Commit 3081f6ee1e1b44223f6ceab5f8d6cb2047256e9a downloads all 52 pageviews files to /tmp before processing. A first run in Wikimedia’s datacenter was successful, but that doesn’t mean much given the non-determinism. Let’s wait for the outcome of a couple hourly runs to see if this fixes the problem.

brawer commented 4 months ago

The fix seems to have worked.

brawer commented 4 months ago

It generally seems to work now, but we still see occasional network failures. Not sure if we can do anything here. We could implement exponential back-off, but it would be complicated. In case of failure, we already re-try a day later, which may be good enough as a work-around for the flakiness of Wikimedia’s datacenter.

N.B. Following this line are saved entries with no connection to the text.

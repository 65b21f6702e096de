//! The cases of the machine and of its objects: what each command, each monitor's call and each refusal comes to; and of the rows
//! that its state is stored as (`rows`).
//!
//! The cases are the texts of `data/`, which `wm_cases` plays. In those of the machine a question is a CL text, which is called
//! on a `wm_core::Core`, or one of the words of `asked`. Each case begins with the state of an empty store, by the user QUSER, at
//! the moment 1000. What the files of rows ask is said in `rows`. What is printed, and what must be printed, is the number of
//! answers of each file.
#![tactic(auto)]

mod asked;
mod calls;
mod change;
mod list;
mod monitor;
mod object;
mod reply;
mod rows;
mod set;
mod shown;
mod tested;
mod text;
mod times;

use anyhow::Result;
use std::rt::Files;
use tested::Tested;
use wm_cases::play;

/// The files of the machine.
static FILES: [&str; 11] = [
    "objects.txt",
    "descriptions.txt",
    "opening.txt",
    "jobs.txt",
    "refusals.txt",
    "routing.txt",
    "launches.txt",
    "waiting.txt",
    "endings.txt",
    "prestart.txt",
    "pools.txt",
];

fn play_all<R: AllocGlobal + Files + Print>(rt: &R, tested: &mut Tested) -> Result<()> {
    for file in &FILES {
        play(rt, file, tested)?;
    }
    Ok(())
}

fn play_machine<R: AllocGlobal + Files + Print>(rt: &R) -> Result<()> {
    let mut tested = Tested::new(rt.alloc())?;
    let played = play_all(rt, &mut tested);
    drop(tested);
    played
}

fn main(rt: HostRuntime) -> Result<()> {
    play_machine(&rt)?;
    rows::play_rows(&rt)
}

2024/05/23 12:48:23 main.go:47: qrank-builder starting up
2024/05/23 12:48:31 build.go:23: found wikimedia dumps for 991 sites
2024/05/23 12:48:31 itemsignals.go:156: building public/item_signals-20240520.csv.zst
2024/05/23 12:54:40 pagesignals.go:381: PageSignalsScanner.Scan(): failed, domain=commons.wikimedia, err=read tcp 192.168.13.145:42564->185.15.56.161:443: read: connection reset by peer
2024/05/23 12:54:40 pagesignals.go:413: PageSignalsScanner.Scan(): cleaning up
2024/05/23 12:54:40 itemsignals.go:231: LineMerger failed: read tcp 192.168.13.145:42564->185.15.56.161:443: read: connection reset by peer
2024/05/23 12:54:40 itemsignals.go:242: BuildItemSignals(): sorting canceled, groupCtx.Err()=context canceled
2024/05/23 12:54:40 itemsignals.go:262: BuildItemSignals(): group.Wait() failed, err==read tcp 192.168.13.145:42564->185.15.56.161:443: read: connection reset by peer
2024/05/23 12:54:40 main.go:63: ComputeQRank failed: read tcp 192.168.13.145:42564->185.15.56.161:443: read: connection reset by peer
brawer commented 4 months ago

Several runs have finished. Closing this bug as fixed.